なぜ、ノーランは『オッペンハイマー』に挑んだのか?

特典ディスク最長の映像が『現代の物語:メイキング・オブ・「オッペンハイマー」』だ。この映像では冒頭からノーラン監督が登場し、本作に着手することになった経緯、そこに込めた想いが語られる。

天才的な科学者J・ロバート・オッペンハイマーは、学問の世界に魅了され、量子の世界に想いを馳せ、学び、研究を続ける過程で想像もしなかった瞬間に立ち会う。それは核分裂反応を見た瞬間だ。この時を機に彼はアメリカ軍の極秘プロジェクト“マンハッタン計画”に加わり、世界で最初の原子爆弾の開発に着手する。

映画はノーラン監督の言葉を借りると3つのブロックで語られる。序盤は「ヒーローの冒険の始まり」。可能性に満ちたオッペンハイマーの若き日が描かれる。そして中盤は「犯罪映画の雰囲気だ。ナチスとの競争の中で徒党を組み、途方もないこと(原子爆弾の開発)を成し遂げる」。そして「終盤になると緊迫感あふれる法廷劇が展開される」のだ。

ノーラン監督は、人類の歴史を永遠に変える瞬間に立ち会った人間=オッペンハイマーの内面を探り、観客がその場に立ち会えるように一人称で脚本を書き、徹底的に“主観”で映画を構成していく。その脚本を手にしたオッペンハイマー役のキリアン・マーフィは何を考えたのか? 特典映像では彼だけでなく、オッペンハイマーの妻キャサリンを演じたエミリー・ブラント、製作者のエマ・トーマス、チャールズ・ローヴェンらのインタビューもたっぷりと登場する。

本作は上記のような三幕で構成されながら時に時制が入れ替えられたり、画面がカラーになったり、モノクロになったりもする。さらにカメラは登場人物の顔に極限まで近づく場面もあれば、まるで実験者のような距離で物事を冷徹に見つめ、描写している場面もある。

なぜ、本作はこのような語りになっているのか? 劇場公開時にはハッキリと明かされることがなかったノーラン監督の意図や想いが特典映像を観ることでクリアになるはずだ。

すべては目の前にあった。

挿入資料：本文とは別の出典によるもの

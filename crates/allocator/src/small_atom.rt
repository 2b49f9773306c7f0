// Small atoms: the bytes of a value.
ghost use Rattle.std.specs.Prelude.{◌≡◌, ◌-◌, ◌^◌, ◌<◌, ◌≤◌, drop};
ghost use Rattle.allocator.specs.SmallAtom.{len_for_value, LastBytes};

// How many bytes a value takes.
pub fn len_for_value(val: u32) -> usize
    ensures { result ≡ len_for_value val }
{
    if val == 0 {
        0
    } else if val < 0x80 {
        1
    } else if val < 0x8000 {
        2
    } else if val < 0x800000 {
        3
    } else if val < 0x80000000 {
        4
    } else {
        5
    }
}

// A small atom's bytes: the last `len` of four.
#[derive(Clone, Copy, Debug, PartialEq, Eq)]
pub struct SmallAtom {
    pub bytes: [u8; 4],
    pub len: usize,
}

impl SmallAtom {
    // The last `len` of the four bytes.
    pub fn as_ref(&self) -> &[u8]
        requires { self.now.len ≤ 4 }
        ensures { result.now ≡ drop (4 - self.now.len) self.now.bytes }
    {
        let start = 4 - self.len;
        &self.bytes[start..]
    }
}

// The bytes of the small atom `value`.
pub fn small_atom_bytes(value: u32) -> SmallAtom
    requires { value < 2 ^ 31 }
    ensures { LastBytes value result.bytes result.len }
{
    let bytes = value.to_be_bytes();
    let len = len_for_value(value);
    SmallAtom { bytes, len }
}
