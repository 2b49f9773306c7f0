// Handles.
#![tactic(auto)]

pub mod fits_in_small_atom;
pub mod small_atom;

ghost use Rattle.std.specs.Prelude.{◌≡◌, ◌+◌, ◌*◌, ◌^◌, ◌<◌, eqb};
ghost use Rattle.allocator.specs.Handle.{node_of, handle_of, pair, listed_atom, small_atom, index_of, object_type_of, is_pair, is_atom};

// A node's handle: a kind in bits 26 up, and 26 bits of index or small value.
#[derive(Clone, Copy, Debug, PartialEq, Eq, Hash)]
pub struct NodePtr(pub u32);

#[derive(Clone, Copy, Debug, PartialEq, Eq)]
pub enum ObjectType {
    // The low bits form an index into the pairs.
    Pair,
    // The low bits form an index into the listed atoms.
    Bytes,
    // The low bits are the atom itself (an unsigned number of 26 bits).
    SmallAtom,
    // A handle of another kind names no node.
    Unknown,
}

impl NodePtr {
    // The bits of an index or small value, and their mask.
    pub const IDX_BITS: u32 = 26;

    pub const IDX_MASK: u32 = (1 << NodePtr::IDX_BITS) - 1;
    // The small atom 0, which is the empty atom.
    pub const NIL: NodePtr = NodePtr(2 << NodePtr::IDX_BITS);

    // The handle of a kind and an index.
    fn new(kind: u32, index: u32) -> NodePtr
        requires { (kind < 3) × (index < 2 ^ 26) }
        ensures { result.0 ≡ kind * 2 ^ 26 + index }
    {
        NodePtr((kind << NodePtr::IDX_BITS) | index)
    }

    // The handle of the pair `index`.
    pub fn pair(index: u32) -> NodePtr
        requires { index < 2 ^ 26 }
        ensures { result.0 ≡ handle_of (pair index) }
    {
        NodePtr::new(0, index)
    }

    // The handle of the listed atom `index`.
    pub fn bytes(index: u32) -> NodePtr
        requires { index < 2 ^ 26 }
        ensures { result.0 ≡ handle_of (listed_atom index) }
    {
        NodePtr::new(1, index)
    }

    // The handle of the small atom `value`.
    pub fn small_atom(value: u32) -> NodePtr
        requires { value < 2 ^ 26 }
        ensures { result.0 ≡ handle_of (small_atom value) }
    {
        NodePtr::new(2, value)
    }

    // Which kind of node the handle names.
    pub fn object_type(self) -> ObjectType
        ensures { result ≡ object_type_of (node_of self.0) }
    {
        match self.0 >> NodePtr::IDX_BITS {
            0 => ObjectType::Pair,
            1 => ObjectType::Bytes,
            2 => ObjectType::SmallAtom,
            _ => ObjectType::Unknown,
        }
    }

    // The index, or the small value.
    pub fn index(self) -> u32
        ensures { result ≡ index_of (node_of self.0) }
    {
        self.0 & NodePtr::IDX_MASK
    }

    pub fn is_pair(self) -> bool
        ensures { result ≡ is_pair (node_of self.0) }
    {
        matches!(self.object_type(), ObjectType::Pair)
    }

    pub fn is_atom(self) -> bool
        ensures { result ≡ is_atom (node_of self.0) }
    {
        matches!(
            self.object_type(),
            ObjectType::Bytes | ObjectType::SmallAtom
        )
    }

    // Whether two handles are the same.
    pub fn same(self, other: NodePtr) -> bool
        ensures { result ≡ eqb self.0 other.0 }
    {
        self == other
    }
}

“実物”にこだわった映画制作

「可能な限り実写にこだわる主義なんだ」とノーラン監督は語る。現在の映画制作ではデジタル技術の導入により、CGが多用されるようになったが、ノーラン監督は可能な限り、”実物”を撮ろうとすることで知られている。

しかし、本作は1920年代から始まる数十年にわたる壮大なドラマだ。実在の場所が数多く登場するが、現在の景観は当時とは変わっている。どうするか? メイキング映像では本作の壮大な制作過程が明らかになる。

核爆弾の実験と開発が行われたロスアラモス国立研究所はアメリカのニューメキシコ州に存在するが、映画では同州のアビキューゴーストランチに巨大な町のセットが建てられた。プロダクションデザイナーのルース・デ・ヨングが「規模の大きさに1週目から音を上げた」と語る巨大なセットは、ただ規模が大きいだけでなくロスアラモス国立研究所から資料の提供を受けてデザインされ、細部まで忠実に再現されている。

メイキング映像ではヨングが実際にセットの中を歩きながら細部を紹介する場面が登場するが、劇中では一瞬しか映らなかった部分まで徹底的に作り込まれていることに驚かされる。すでに映画を観た人は、あのロスアラモスの施設の中に映画館がふたつあると気づいただろうか? メイキング映像では映画館についても紹介され、ノーラン監督がセレクトした“ある映画”が上映されていることが判明する。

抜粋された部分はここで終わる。